Be clear about the rules and be ready to enforce them.
The failed incentive mechanism in California did have clear rules, but at the end of the day the Commission was not ready to enforce them. While multiple versions of “why” still abound, the Commission later committed to enforcing it through legal settlement.
The new pay-for-performance paradigm will require rules at various levels of the system. Identifying who is responsible for setting up which rules and is as important as enforcing the rules themselves. And we must provide clarity as to why a particular rule is necessary
In order to design successful business models and dissuade bad actors, all parties need a clear set of rules that are aligned with the intended outcomes. Regulators and utilities will need to find the right balance of performance criteria and specific rules to manage contracts and conduct oversight. Utilities will have the challenge of balancing regulatory guidance, state and federal laws, and their own strategies – all without overburdening the system. Regulators will need to create stable rules while also offering a process that allows market actors to iterate and improve, making room for creative solutions to emerge and be tested so that the market can evolve toward the best models.
Depending on performance requires enforcement. Enforcing the rules builds accountability both by ensuring a level playing field, and also by reinforcing intent of the rule. It builds confidence in the results, and it rewards those who can deliver based on the agreed-upon parameters. Performance based policies or contracts will not drive accountability, and they will not survive, in an uncertain enforcement environment.
Access to information, analysis, and performance allows for mutual accountability.
One challenge in the risk reward incentive mechanism process was that the results of the evaluation were not available to actors (implementers, utilities, or other stakeholders) until about three years after deployment. Given that the financial incentives were entirely dependent on the results, staff could not discuss evaluation plans with utilities outside of the formal proceeding. Several warnings, and preliminary reports were shot over the bow regarding the risk of performance based on metrics surrounding compact fluorescent lightbulbs, but mid course corrections did not happen.
Adopting agreed-upon techniques for monitoring meter-based savings offer regulators, utilities, implementers, aggregators, and customers an opportunity to have a common understanding of what “savings” means and monitor them in near real time. It is not a stretch to also monitor the effects of interventions alongside natural changes in usage. Providing ubiquitous access to the data and information on which performance is based means that actors can confidently exchange their services based on these results. They can also take corrective action to improve performance along the way in order to deliver on their promises.
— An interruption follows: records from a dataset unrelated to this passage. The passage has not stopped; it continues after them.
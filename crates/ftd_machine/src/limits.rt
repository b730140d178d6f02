//! The limits of what a request may say.

ghost use Rattle.std.specs.Prelude.{◌≡◌, ◌<◌, ◌+◌, ◌==◌, ◌↔◌, IsTrue, nat_lt};
ghost use Rattle.std.specs.List.{list_all, sum_by};
ghost use Rattle.ftd_days.specs.Calendar.{quarter_start, year_of};
ghost use Rattle.ftd_rules.specs.Liability.{cents_of};
ghost use Rattle.ftd_rules.specs.Verdicts.{amount_of};
ghost use Rattle.ftd_machine.specs.Limits.{are_amounts, is_amount};
ghost use Rattle.ftd_machine.specs.Limits.{is_number, are_rising, is_calendar};
ghost use Rattle.ftd_machine.specs.Limits.{can_be_opened, can_be_reported, can_have_calendar};

use ftd_days::{Cents, Day, FIRST_YEAR, LAST_OPEN_YEAR, LAST_YEAR, MOST_HOLIDAYS, Quarter};
use ftd_rules::{AMOUNTS_END, DaySum, DueRow, MOST_CENTS, PayRun};

/// The most runs of an account, and the most payments, voided ones too.
pub const MOST_ENTRIES: u32 = 20_000;

/// The greatest number of a run, of a payment, or of a correction.
pub const MOST_NUMBER: u32 = 999_999_999;

/// The first year whose total may be reported: a lookback period begins up to two years before the
/// year that it is for.
pub const FIRST_REPORTED_YEAR: u32 = 1999;

/// Whether the year may be opened.
pub(crate) fn can_be_opened(year: u32) -> bool
    ensures { result ≡ can_be_opened year }
{
    FIRST_YEAR <= year && year <= LAST_OPEN_YEAR
}

/// Whether the year's holidays may be given.
pub(crate) fn can_have_calendar(year: u32) -> bool
    ensures { result ≡ can_have_calendar year }
{
    FIRST_YEAR <= year && year <= LAST_YEAR
}

/// Whether the year's total may be reported.
pub(crate) fn can_be_reported(year: u32) -> bool
    ensures { result ≡ can_be_reported year }
{
    FIRST_REPORTED_YEAR <= year && year <= LAST_OPEN_YEAR
}

/// Whether a request may name the amount.
pub(crate) fn is_amount(cents: Cents) -> bool
    ensures { result ≡ is_amount cents }
{
    cents.0 <= MOST_CENTS
}

/// Whether the three amounts of the run are such that a request may name them.
pub(crate) fn are_amounts(run: &PayRun) -> bool
    ensures { result ≡ are_amounts run.now }
{
    is_amount(run.fit) && is_amount(run.ss) && is_amount(run.medicare)
}

/// Whether it is the number of a run or of a payment.
pub(crate) fn is_number(number: u32) -> bool
    ensures { result ≡ is_number number }
{
    1 <= number && number <= MOST_NUMBER
}

/// Whether each day is before the next.
pub fn are_rising(days: &[Day]) -> bool
    ensures { result ≡ are_rising days.now }
{
    days.iter()
        .zip(days.iter().skip(1))
        .all(|(day, next)| day < next)
}

/// Whether each day lies in the year.
fn are_in_year(year: u32, days: &[Day]) -> bool
    ensures { result ≡ list_all (λ day. year_of day == year) days.now }
{
    days.iter().all(|day| day.year() == year)
}

/// Whether the days are a calendar of the year: at most 60 of its days, rising.
pub(crate) fn is_calendar(year: u32, days: &[Day]) -> bool
    ensures { result ≡ is_calendar year days.now }
{
    days.len() <= MOST_HOLIDAYS && are_in_year(year, days) && are_rising(days)
}

/// Whether the day comes before the quarter ends, or on its last day.
pub(crate) fn is_before_end(day: Day, quarter: Quarter) -> bool
    ensures { result ≡ nat_lt day (quarter_start (quarter + 1)) }
{
    day <= quarter.last()
}

/// Whether the amounts of the rows are together below the end.
pub(crate) fn are_rows_bounded(rows: &[DueRow]) -> bool
    ensures { IsTrue result ↔ (sum_by amount_of rows.now < AMOUNTS_END) }
{
    let mut total = 0;
    for row in rows {
        if row.obligation.cents.0 >= AMOUNTS_END - total {
            return false;
        }
        total += row.obligation.cents.0;
    }
    true
}

/// Whether the amounts of the days are together below 6,000,000,000,000,000 cents.
pub fn are_sums_bounded(sums: &[DaySum]) -> bool
    ensures { IsTrue result ↔ (sum_by cents_of sums.now < AMOUNTS_END) }
{
    let mut total = 0;
    for sum in sums {
        if sum.cents.0 >= AMOUNTS_END - total {
            return false;
        }
        total += sum.cents.0;
    }
    true
}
As trust in savings performance builds, balancing payments with other performance criteria may be prudent. Time, location, and load shifting values can create new incentives and reinforce value of kWh and therm savings up and down the market chain based on what’s delivered.
Validation and verification by third parties doesn’t have to be done behind closed doors. A clear and transparent audit can be focused on review of approved methods and agreed upon execution. Instead of saddling regulators with the full burden of re-creating a savings profile in a “crime scene investigation style” where gaps in information and timely return of results consistently hinder value, having a transparent approach allows evaluators to tackle interesting questions that they never get to in typical research plans because of a lack of data or budget. All actors can contribute to delivering the value of information on performance because it will matter to all of them.
The promise of performance is real. The potential pitfalls are also real. With the lessons learned from the failed incentive mechanism in California and many others from past performance initiatives in mind, I believe we can proceed with confidence in realizing the many possibilities that performance has to offer today.